LJM
LJM

Reputation: 6444

Linq to Entities DefaultIfEmpty

I'm using EF 4 to PostgreSQL using a 3rd party ADO.NET provider. In my data source, I have no item lines that match items based on this join condition. For this reason I expect query 1 to fail based on a null reference exception. However, it completes and gives me value type defaults for each of the properties on il. item_display_name is a string so ilName is set to null. ilStartDate is set to DateTime's default. x.il.item_id and x.il.item_line_no are both 0.

var query1 =
                    _db.items
                      .GroupJoin(_db.item_line.Where(x => x.start_date == selectedStartDate), x => x.item_id, il => il.item_id, (x, ilgroup) => new { x, ilgroup })
                      .SelectMany(x => x.ilgroup.DefaultIfEmpty(), (x, il) => new { x.x, il })
                      .Select(x =>
                          new
                              {
                                    itemId = x.x.item_id,
                                    ilName = x.il.item_display_name,
                                    ilStartDate = x.il.start_date,
                                    ilItemId = x.il.item_id,
                                    orderLine = x.il.item_line_no});

However, if I force execution by calling ToArray on my results before the Select, I then get my null reference exception.

var query2 =
                _db.items
                    .GroupJoin(_db.item_line.Where(x => x.start_date == selectedStartDate), x => x.item_id, il => il.item_id, (x, ilgroup) => new {x, ilgroup})
                    .SelectMany(x => x.ilgroup.DefaultIfEmpty(), (x, il) => new {x.x, il}).ToArray()
                    .Select(x =>
                            new
                                {
                                    itemId = x.x.item_id,
                                    ilName = x.il.item_display_name,
                                    ilStartDate = x.il.start_date,
                                    ilItemId = x.il.item_id,
                                    orderLine = x.il.item_line_no});

To my understanding, DefaultIfEmpty should return the default for that type.
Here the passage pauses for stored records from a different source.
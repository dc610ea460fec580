ghost use Rattle.std.specs.Prelude.{◌≡◌, true, length};
ghost use Rattle.lock_book.specs.Rounds.{AreTaken, tells_of_taken};

use batch_records::read_day;
use commit_journal::{Journal, Want, put_journal};
use journal_pass::Pass;
use lock_book::{Balances, Hall, HallKit, HallName, Needs, Stepped};
use outside_io::{Gate, MemSink, NoGate};
use rule_book::parts::{account_count, message_count};
use rule_book::{Item, Setting, Why};
use std::alloc::{AllocError, Global};
use std::marker::Brand;
use std::process::Abort;
use std::sync::Wait;
use std::sync::atomic::{AtomicU64, Ordering};
use std::test::*;
use std::thread::{Threads, join};

// A batch of A that two banks pay for.
const COVERED: &str =
    "DAY;2025-06-02\nAS;CH1;ABCDE\nACC;X1;DCA;BANKA;;40.00\nACC;Y1;DCA;BANKB;;60.00\nACC;Z1;DCA;BANKC;;0.00\nACC;TA;TEC;CH1;A;0.00\nACC;TB;TEC;CH1;B;0.00\nACC;TC;TEC;CH1;C;0.00\nACC;TD;TEC;CH1;D;0.00\nACC;SX;SUB;BANKA;CH1;0.00\nACC;GF;FND;CH1;;0.00\nBAT;CH1;B1;A;;;3;200.00\nENT;X1;TA;40.00\nENT;Y1;TA;60.00\nENT;TA;Z1;100.00\nEND\n";

// Two payments between two pairs of accounts.
const APART: &str =
    "DAY;2025-06-02\nACC;X1;DCA;BANKA;;100.00\nACC;Y1;DCA;BANKB;;100.00\nACC;Z1;DCA;BANKC;;100.00\nACC;V1;DCA;BANKD;;100.00\nPAY;BANKA;P1;N;X1;Y1;1.00\nPAY;BANKC;P2;N;Z1;V1;1.00\nEND\n";

// Two payments between the same two accounts.
const SHARED: &str =
    "DAY;2025-06-02\nACC;X1;DCA;BANKA;;100.00\nACC;Y1;DCA;BANKB;;100.00\nPAY;BANKA;P1;N;X1;Y1;1.00\nPAY;BANKB;P2;N;Y1;X1;1.00\nEND\n";

// Two payments to one account, each from an account of a lower group: accounts 1 and 3, and 2 and 3.
const HIGHER: &str =
    "DAY;2025-06-02\nACC;X1;DCA;BANKA;;100.00\nACC;Y1;DCA;BANKB;;100.00\nACC;Z1;DCA;BANKC;;100.00\nPAY;BANKA;P1;N;X1;Z1;1.00\nPAY;BANKB;P2;N;Y1;Z1;1.00\nEND\n";

// Two payments to one account, each from an account of a higher group: accounts 1 and 2, and 1 and 3.
const LOWER: &str =
    "DAY;2025-06-02\nACC;X1;DCA;BANKA;;100.00\nACC;Y1;DCA;BANKB;;100.00\nACC;Z1;DCA;BANKC;;100.00\nPAY;BANKB;P1;N;Y1;X1;1.00\nPAY;BANKC;P2;N;Z1;X1;1.00\nEND\n";

fn kit_of(rt: &impl Abort, alloc: Global, input: &str) -> HallKit {
    let (day, _) = read_day(alloc, input.as_bytes()).ok().expect(rt, "a day");
    let setting = Setting::build(alloc, day).ok().expect(rt, "memory");
    HallKit::make(alloc, setting).ok().expect(rt, "memory")
}

fn is_made(stepped: Stepped) -> bool {
    matches!(stepped, Stepped::Made { .. })
}

// Whether the line was made at this place.
fn is_made_at(stepped: Stepped, expected: u32) -> bool {
    match stepped {
        Stepped::Made { place, .. } => place == expected,
        _ => false,
    }
}

// Whether after so many lines the entry is told to be booked in the line at this place.
fn is_booked(stepped: Stepped, lines: u32, expected: u32) -> bool {
    match stepped {
        Stepped::NotNow {
            seen,
            why: Why::Booked { place },
        } => seen == lines && place == expected,
        _ => false,
    }
}

// Whether after so many lines the credit waits for this debit entry.
fn is_waiting(stepped: Stepped, lines: u32, expected: u32) -> bool {
    match stepped {
        Stepped::NotNow {
            seen,
            why: Why::Debits { entry },
        } => seen == lines && entry == expected,
        _ => false,
    }
}

// 1 where the line was made, 2 where the message is told to be taken already, and else 0.
fn told(stepped: Stepped) -> u32 {
    match stepped {
        Stepped::Made { .. } => 1,
        Stepped::NotNow {
            why: Why::Taken { .. },
            ..
        } => 2,
        _ => 0,
    }
}

fn is_taken(stepped: Stepped) -> bool
    ensures { result ≡ tells_of_taken stepped }
{
    matches!(
        stepped,
        Stepped::Made { .. }
            | Stepped::NotNow {
                why: Why::Taken { .. } | Why::Over { .. },
                ..
            }
    )
}

// Takes the one message of the day; whether it is taken then.
fn take_first<H: HallName, R: Wait>(rt: &R, hall: &Hall<H>, pass: &mut Pass) -> bool
    requires table { pass.old.table ≡ H.table }
    requires one { length H.day.messages ≡ 1 }
    ensures table { pass.new.table ≡ H.table }
    ensures taken { result ≡ true → AreTaken H.day hall.now pass.new.lines }
{
    hall.setting();
    is_taken(hall.step(rt, pass, Want::In { msg: 1 }, &NoGate))
}

// A step of an entry of the one batch.
fn book<H: HallName, R: Wait>(rt: &R, hall: &Hall<H>, pass: &mut Pass, entry: u32) -> Stepped
    requires table { pass.old.table ≡ H.table }
    requires taken { AreTaken H.day hall.now pass.old.lines }
    ensures table { pass.new.table ≡ H.table }
    ensures taken { AreTaken H.day hall.now pass.new.lines }
{
    hall.step(rt, pass, Want::Book { msg: 1, entry }, &NoGate)
}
My type is clearly a reference type, so why won't query 1 fail?

Upvotes: 1

Views: 1111

Answers (2)

Gert Arnold
Gert Arnold

Reputation: 109080

This is because the first query is completely translated into SQL. SQL is different than C# when it comes to null "objects". In SQL it is perfectly OK to write something like

SELECT o.Date, ol.Number FROM Order o LEFT JOIN OrderLine ol ON ... (etc.)

It won't crash when there are Orders without OrderLines. No null reference exception on ol here. SQL just outputs null values for ol.Number where order lines are missing.
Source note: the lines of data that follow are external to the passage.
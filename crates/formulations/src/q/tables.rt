//! The rows that are the same in every box, as tables.

ghost use Rattle.std.specs.Prelude.{◌≡◌, ◌+◌, ◌<◌, ◌≤◌, ◌^◌, length, unsigned_abs};
ghost use Rattle.pool_model.specs.Network.{Net, net_of};
ghost use Rattle.pool_model.specs.Limits.{most_limits, least_limits};
ghost use Rattle.row_model.specs.Boxes.{Box};
ghost use Rattle.row_model.specs.Catalogue.{q_families, row_in, proportions_row, feed_row, path_most_row, path_least_row};
ghost use Rattle.blend_network.specs.Views.{shown_limit};
ghost use Rattle.box_space.specs.Tables.{row_of, IsTable};

use crate::limits::in_parts;
use blend_network::{Key, Limit, LimitSide, Network};
use box_space::{Block, Factor, Rate, RowKind, RowTable, Terms};

/// How many parts a proportion is counted in.
const GRAIN: i128 = 1_048_576;

/// How many of the rows are the same in every box: those before the envelopes.
pub fn exact_rows(net: &Network) -> u32
    ensures count { result ≡ (net_of net.now).pools + ((net_of net.now).feeds + (length (most_limits (net_of net.now)) + length (least_limits (net_of net.now)))) }
    ensures small { result ≤ 1296 }
{
    let counts = net.sizes();
    counts.pools
        + (counts.feeds + (net.count_limits(LimitSide::Most) + net.count_limits(LimitSide::Least)))
}

/// The row of a number: first proportions by pool, then feeds, and limits.
pub(crate) fn table_at(net: &Network, n: u32) -> RowTable
    requires { n < (net_of net.now).pools + ((net_of net.now).feeds + (length (most_limits (net_of net.now)) + length (least_limits (net_of net.now)))) }
    ensures row { (b : Box) → row_of (net_of net.now) result ≡ row_in (q_families (net_of net.now) b) n }
    ensures table { IsTable (net_of net.now) result }
{
    let counts = net.sizes();
    if n < counts.pools {
        return proportions(n);
    }
    let n = n - counts.pools;
    if n < counts.feeds {
        return feed(n);
    }
    let n = n - counts.feeds;
    let most = net.count_limits(LimitSide::Most);
    if n < most {
        return path_most(net, net.limit_at(LimitSide::Most, n));
    }
    path_least(net, net.limit_at(LimitSide::Least, n - most))
}

/// The proportions of a pool's feeds sum to 1.
fn proportions(pool: u32) -> RowTable
    ensures row { (n : Net) → row_of n result ≡ proportions_row n pool }
    ensures table { (n : Net) → pool < n.pools → IsTable n result }
{
    RowTable {
        kind: RowKind::Equal,
        terms: [
            Terms::All(Block::Proportions, Key::FeedsInto, pool, Factor::Same(1)),
            Terms::Nothing,
            Terms::Nothing,
        ],
        constant: -GRAIN,
    }
}

/// What a feed brings goes along its paths.
fn feed(feed: u32) -> RowTable
    ensures row { (n : Net) → row_of n result ≡ feed_row n feed }
    ensures table { (n : Net) → feed < n.feeds → IsTable n result }
{
    RowTable {
        kind: RowKind::Equal,
        terms: [
            Terms::One(Block::Feeds, feed, 1),
            Terms::All(Block::Paths, Key::PathsFrom, feed, Factor::Same(-1)),
            Terms::Nothing,
        ],
        constant: 0,
    }
}

/// A product's mean of a quality is at most its limit.
fn path_most(net: &Network, u: Limit) -> RowTable
    requires quality { u.quality < (net_of net.now).qualities }
    requires product { u.product < (net_of net.now).products }
    requires limit { unsigned_abs u.limit ≤ 10 ^ 11 }
    ensures row { row_of (net_of net.now) result ≡ path_most_row (net_of net.now) (shown_limit u) }
    ensures table { IsTable (net_of net.now) result }
{
    let limit = in_parts(net, u);
    let room = Factor::OfQuality(u.quality, Rate::Below(limit));
    let brought = Factor::OfQuality(u.quality, Rate::Less);
    RowTable {
        kind: RowKind::AtLeast,
        terms: [
            Terms::All(
                Block::Outs,
                Key::OutsInto,
                u.product,
                Factor::Same(limit.into()),
            ),
            Terms::All(Block::Directs, Key::DirectsInto, u.product, room),
            Terms::All(Block::Paths, Key::PathsInto, u.product, brought),
        ],
        constant: 0,
    }
}

/// A product's mean of a quality is at least its limit.
fn path_least(net: &Network, u: Limit) -> RowTable
    requires quality { u.quality < (net_of net.now).qualities }
    requires product { u.product < (net_of net.now).products }
    requires limit { unsigned_abs u.limit ≤ 10 ^ 11 }
    ensures row { row_of (net_of net.now) result ≡ path_least_row (net_of net.now) (shown_limit u) }
    ensures table { IsTable (net_of net.now) result }
{
    let limit = in_parts(net, u);
    let room = Factor::OfQuality(u.quality, Rate::Above(limit));
    let brought = Factor::OfQuality(u.quality, Rate::Plain);
    RowTable {
        kind: RowKind::AtLeast,
        terms: [
            Terms::All(
                Block::Outs,
                Key::OutsInto,
                u.product,
                Factor::Same(-i128::from(limit)),
            ),
            Terms::All(Block::Directs, Key::DirectsInto, u.product, room),
            Terms::All(Block::Paths, Key::PathsInto, u.product, brought),
        ],
        constant: 0,
    }
}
So in the first statement the anonymous type is built directly from values obtained from SQL. The whole expression x.il.item_display_name is populated by output from a DbDataReader, which is null when no ilgroup is present.

In the second statement, first an array of objects is built in memory, consisting of x and il pairs, some which have no il (il is null). Now the anonymous type is built from the object array and the expression x.il.item_display_name tries to read item_display_name from some non-existing objects.

Upvotes: 2

digaomatias
digaomatias

Reputation: 1194

This is a tricky characteristic of the Entity Framework. When you are doing the whole query, you don't actually hit the database. EF will only go to the database when you do a ToArray, ToList, etc...

In the first query, you should get the NullReference if you put the ToArray() at the end. While you don't actually do a ToArray, you'll be only constructing the query to run when you do the ToList(), or ToArray().

Take a look at this post: Am I hitting the database?